Wherever the word "length" appears in the entries, copy the whole line.

### Provided entries
.....
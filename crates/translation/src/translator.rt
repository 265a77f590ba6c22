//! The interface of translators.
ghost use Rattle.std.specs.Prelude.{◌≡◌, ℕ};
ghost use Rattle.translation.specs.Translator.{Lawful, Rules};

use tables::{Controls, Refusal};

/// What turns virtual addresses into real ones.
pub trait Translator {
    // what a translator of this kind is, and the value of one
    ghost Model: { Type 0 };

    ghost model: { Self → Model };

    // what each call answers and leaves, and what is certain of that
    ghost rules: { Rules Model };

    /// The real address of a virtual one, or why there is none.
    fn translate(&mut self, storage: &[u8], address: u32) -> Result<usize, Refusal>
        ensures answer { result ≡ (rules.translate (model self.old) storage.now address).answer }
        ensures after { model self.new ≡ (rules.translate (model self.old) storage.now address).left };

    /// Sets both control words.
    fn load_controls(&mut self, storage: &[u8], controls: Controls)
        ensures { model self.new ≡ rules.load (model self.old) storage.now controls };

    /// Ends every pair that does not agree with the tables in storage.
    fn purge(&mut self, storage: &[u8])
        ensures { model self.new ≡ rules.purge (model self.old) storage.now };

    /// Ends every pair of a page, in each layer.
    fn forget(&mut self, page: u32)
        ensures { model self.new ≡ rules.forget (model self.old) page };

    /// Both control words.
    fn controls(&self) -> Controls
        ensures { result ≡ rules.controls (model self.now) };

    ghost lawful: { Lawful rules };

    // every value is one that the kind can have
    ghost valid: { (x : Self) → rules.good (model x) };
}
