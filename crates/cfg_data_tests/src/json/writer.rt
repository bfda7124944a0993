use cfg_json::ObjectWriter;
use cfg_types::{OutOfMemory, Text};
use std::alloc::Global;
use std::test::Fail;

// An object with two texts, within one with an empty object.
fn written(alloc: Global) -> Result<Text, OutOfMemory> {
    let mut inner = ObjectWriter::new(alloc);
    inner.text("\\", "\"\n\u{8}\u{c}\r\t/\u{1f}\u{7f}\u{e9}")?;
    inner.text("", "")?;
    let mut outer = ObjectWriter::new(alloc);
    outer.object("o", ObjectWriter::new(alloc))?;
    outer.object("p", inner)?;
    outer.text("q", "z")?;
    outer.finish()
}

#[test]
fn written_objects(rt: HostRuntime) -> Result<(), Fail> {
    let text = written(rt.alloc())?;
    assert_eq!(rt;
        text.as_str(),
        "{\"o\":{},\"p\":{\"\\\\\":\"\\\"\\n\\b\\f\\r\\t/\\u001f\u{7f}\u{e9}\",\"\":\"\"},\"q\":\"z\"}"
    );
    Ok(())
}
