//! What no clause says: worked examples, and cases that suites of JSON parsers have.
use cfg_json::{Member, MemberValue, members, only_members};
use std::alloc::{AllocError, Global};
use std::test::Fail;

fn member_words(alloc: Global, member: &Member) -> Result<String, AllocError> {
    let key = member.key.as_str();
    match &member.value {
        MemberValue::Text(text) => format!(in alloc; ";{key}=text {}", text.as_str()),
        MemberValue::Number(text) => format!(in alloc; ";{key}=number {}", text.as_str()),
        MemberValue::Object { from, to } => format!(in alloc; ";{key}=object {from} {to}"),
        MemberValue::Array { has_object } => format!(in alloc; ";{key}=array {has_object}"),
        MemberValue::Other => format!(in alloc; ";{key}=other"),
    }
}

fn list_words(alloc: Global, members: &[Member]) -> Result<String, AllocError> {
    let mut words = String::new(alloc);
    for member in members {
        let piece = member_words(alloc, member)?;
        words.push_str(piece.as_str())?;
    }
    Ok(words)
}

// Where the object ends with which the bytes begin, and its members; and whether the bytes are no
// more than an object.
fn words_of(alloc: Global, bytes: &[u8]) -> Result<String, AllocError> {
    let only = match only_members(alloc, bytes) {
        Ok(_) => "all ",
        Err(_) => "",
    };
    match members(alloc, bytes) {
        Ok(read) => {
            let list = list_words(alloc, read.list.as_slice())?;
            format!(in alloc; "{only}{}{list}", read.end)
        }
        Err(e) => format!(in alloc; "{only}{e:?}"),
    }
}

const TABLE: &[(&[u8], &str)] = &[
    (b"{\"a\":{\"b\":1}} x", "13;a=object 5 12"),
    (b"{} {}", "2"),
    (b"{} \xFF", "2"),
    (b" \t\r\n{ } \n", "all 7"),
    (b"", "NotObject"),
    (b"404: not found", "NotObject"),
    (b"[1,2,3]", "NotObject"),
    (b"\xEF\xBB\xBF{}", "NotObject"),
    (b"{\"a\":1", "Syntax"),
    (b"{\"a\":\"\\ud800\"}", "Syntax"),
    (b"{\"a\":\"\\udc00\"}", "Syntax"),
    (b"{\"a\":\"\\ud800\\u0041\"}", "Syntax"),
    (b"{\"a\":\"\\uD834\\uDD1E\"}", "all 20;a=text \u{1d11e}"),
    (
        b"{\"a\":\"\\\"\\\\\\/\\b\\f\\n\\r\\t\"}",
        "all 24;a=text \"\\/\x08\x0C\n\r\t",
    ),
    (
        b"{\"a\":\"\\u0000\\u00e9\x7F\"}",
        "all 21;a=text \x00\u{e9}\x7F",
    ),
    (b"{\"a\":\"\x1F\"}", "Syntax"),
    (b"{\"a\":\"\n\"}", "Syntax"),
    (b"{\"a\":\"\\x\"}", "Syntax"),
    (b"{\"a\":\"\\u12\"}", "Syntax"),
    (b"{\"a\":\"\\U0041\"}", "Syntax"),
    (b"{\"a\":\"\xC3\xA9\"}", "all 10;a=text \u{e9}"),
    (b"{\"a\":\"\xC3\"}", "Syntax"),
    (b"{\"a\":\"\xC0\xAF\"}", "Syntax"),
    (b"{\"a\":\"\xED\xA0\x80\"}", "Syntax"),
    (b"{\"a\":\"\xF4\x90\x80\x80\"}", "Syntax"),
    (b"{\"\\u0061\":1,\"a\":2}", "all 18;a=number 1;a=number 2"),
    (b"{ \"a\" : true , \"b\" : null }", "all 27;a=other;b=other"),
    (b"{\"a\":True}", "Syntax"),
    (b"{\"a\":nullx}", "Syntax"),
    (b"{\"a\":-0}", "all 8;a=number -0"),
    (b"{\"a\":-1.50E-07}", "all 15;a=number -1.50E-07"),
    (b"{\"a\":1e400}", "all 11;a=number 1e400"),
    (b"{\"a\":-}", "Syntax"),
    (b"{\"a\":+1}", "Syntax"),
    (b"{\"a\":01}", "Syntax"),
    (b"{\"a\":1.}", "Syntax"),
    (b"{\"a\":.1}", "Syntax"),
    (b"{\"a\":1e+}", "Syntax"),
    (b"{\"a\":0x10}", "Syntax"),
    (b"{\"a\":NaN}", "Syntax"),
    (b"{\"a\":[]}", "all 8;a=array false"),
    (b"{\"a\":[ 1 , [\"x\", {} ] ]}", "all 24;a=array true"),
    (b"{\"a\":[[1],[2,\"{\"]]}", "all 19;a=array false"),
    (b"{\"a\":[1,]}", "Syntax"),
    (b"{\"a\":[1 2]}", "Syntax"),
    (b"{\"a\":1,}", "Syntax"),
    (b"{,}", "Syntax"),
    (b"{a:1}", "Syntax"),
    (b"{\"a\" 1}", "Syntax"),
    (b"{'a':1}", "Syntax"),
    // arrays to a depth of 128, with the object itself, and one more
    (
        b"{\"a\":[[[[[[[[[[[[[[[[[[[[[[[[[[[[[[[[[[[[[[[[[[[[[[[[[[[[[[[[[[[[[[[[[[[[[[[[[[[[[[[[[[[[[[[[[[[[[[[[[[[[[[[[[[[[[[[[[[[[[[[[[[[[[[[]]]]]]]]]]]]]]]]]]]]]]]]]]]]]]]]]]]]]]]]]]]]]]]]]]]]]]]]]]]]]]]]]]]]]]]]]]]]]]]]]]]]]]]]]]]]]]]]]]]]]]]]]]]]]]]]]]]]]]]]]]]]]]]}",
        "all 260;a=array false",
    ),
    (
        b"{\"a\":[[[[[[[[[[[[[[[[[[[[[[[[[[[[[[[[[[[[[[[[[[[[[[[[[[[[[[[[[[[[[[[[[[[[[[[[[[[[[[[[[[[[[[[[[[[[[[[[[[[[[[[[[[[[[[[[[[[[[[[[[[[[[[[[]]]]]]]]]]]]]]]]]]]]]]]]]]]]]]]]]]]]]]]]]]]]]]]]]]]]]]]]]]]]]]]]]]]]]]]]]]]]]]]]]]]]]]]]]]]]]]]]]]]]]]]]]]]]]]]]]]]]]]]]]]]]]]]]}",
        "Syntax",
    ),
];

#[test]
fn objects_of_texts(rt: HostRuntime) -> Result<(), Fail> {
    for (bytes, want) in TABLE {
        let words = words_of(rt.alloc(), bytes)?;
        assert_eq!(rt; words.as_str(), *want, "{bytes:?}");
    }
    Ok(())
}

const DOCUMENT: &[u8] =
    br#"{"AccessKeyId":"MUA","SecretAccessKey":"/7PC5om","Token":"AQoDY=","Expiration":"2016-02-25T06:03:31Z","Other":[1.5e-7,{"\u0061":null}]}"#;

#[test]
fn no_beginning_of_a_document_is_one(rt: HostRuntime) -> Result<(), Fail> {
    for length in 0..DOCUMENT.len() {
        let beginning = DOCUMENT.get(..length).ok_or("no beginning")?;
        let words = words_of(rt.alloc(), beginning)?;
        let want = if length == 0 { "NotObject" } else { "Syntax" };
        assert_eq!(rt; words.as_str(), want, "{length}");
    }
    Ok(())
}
.....
### Written solution
    for length in 0..DOCUMENT.len() {
        let beginning = DOCUMENT.get(..length).ok_or("no beginning")?;
        let want = if length == 0 { "NotObject" } else { "Syntax" };
        assert_eq!(rt; words.as_str(), want, "{length}");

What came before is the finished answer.